━━ Available records ━━

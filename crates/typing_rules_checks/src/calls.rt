//! The calls of the library, and what a call must meet beside its arguments.

ghost use Rattle.std.specs.Prelude.{◌≡◌};
ghost use Rattle.upc_types.specs.View.{view};
ghost use Rattle.upc_types.specs.ViewStructs.{view_structs};
ghost use Rattle.typing_rules.specs.layer.Views.{view_meaning, view_use};
ghost use Rattle.typing_rules.specs.Nodes.{view_attr};
ghost use Rattle.typing_rules.specs.Rules as rules;

use crate::declarations::shares_private;
use typing_rules::calls::{call_parameters, is_allocation};
use typing_rules::types::is_zero;
use typing_rules::{Attr, LibraryParameter, Meaning, Use};
use upc_types::{Base, CType, Structs, takes_allocation};
use upc_values::LibraryCall;

fn library_takes(call: LibraryCall, n: usize) -> bool
    ensures { result ≡ rules.library_takes call n }
{
    match call {
        LibraryCall::Printf => n > 0,
        _ => n == call_parameters(call).len(),
    }
}

/// Whether a name stands for what can be called with so many arguments.
pub fn can_be_called(meaning: Meaning<'_>, runs: bool, n: usize) -> bool
    ensures { result ≡ rules.can_be_called (view_meaning meaning.entry) runs n }
{
    match meaning {
        Meaning::Function(s) => runs && n == s.parameters.len(),
        Meaning::Library(call) => library_takes(call, n),
        _ => false,
    }
}

/// Whether the argument of this parameter is the constant 0, where it is to be.
pub fn no_function(x: LibraryParameter, a: &Attr) -> bool
    ensures { result ≡ rules.no_function x (view_attr a.now) }
{
    match x {
        LibraryParameter::NoFunction => is_zero(a),
        _ => true,
    }
}

/// Whether it is printf, whose arguments its format judges.
pub fn is_printf(call: LibraryCall) -> bool
    ensures { result ≡ rules.is_printf call }
{
    matches!(call, LibraryCall::Printf)
}

fn is_allocated_at(structs: &Structs, how: Use<'_>) -> bool
    ensures { result ≡ rules.is_allocated_at (view_structs structs.now) (view_use how.entry) }
{
    match how {
        Use::Into(t) => takes_allocation(t, structs),
        _ => false,
    }
}

/// Whether an allocation is converted into a pointer to shared elements.
pub fn allocates_well(structs: &Structs, how: Use<'_>, meaning: Meaning<'_>) -> bool
    ensures { result ≡ rules.allocates_well (view_structs structs.now) (view_use how.entry)
        (view_meaning meaning.entry) }
{
    match meaning {
        Meaning::Library(call) => !is_allocation(call) || is_allocated_at(structs, how),
        _ => true,
    }
}

fn target_shares_private(structs: &Structs, t: &CType) -> bool
    ensures { result ≡ rules.leads_to_private (view_structs structs.now) (view t.now) }
{
    match &t.base {
        Base::Pointer(target) => shares_private(structs, target),
        Base::Array(element, _) => shares_private(structs, element),
        _ => false,
    }
}

fn is_private_at(structs: &Structs, how: Use<'_>) -> bool
    ensures { result ≡ rules.is_private_at (view_structs structs.now) (view_use how.entry) }
{
    match how {
        Use::Into(t) => target_shares_private(structs, t),
        _ => false,
    }
}

/// Whether it allocates elements that hold pointers to private objects.
pub fn allocates_private(structs: &Structs, how: Use<'_>, meaning: Meaning<'_>) -> bool
    ensures { result ≡ rules.allocates_private (view_structs structs.now) (view_use how.entry)
        (view_meaning meaning.entry) }
{
    match meaning {
        Meaning::Library(call) => is_allocation(call) && is_private_at(structs, how),
        _ => false,
    }
}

━━━

Aim of the task:
The answer should be one number, the count of lines in this material that include the word "entry".

Problem solution:
7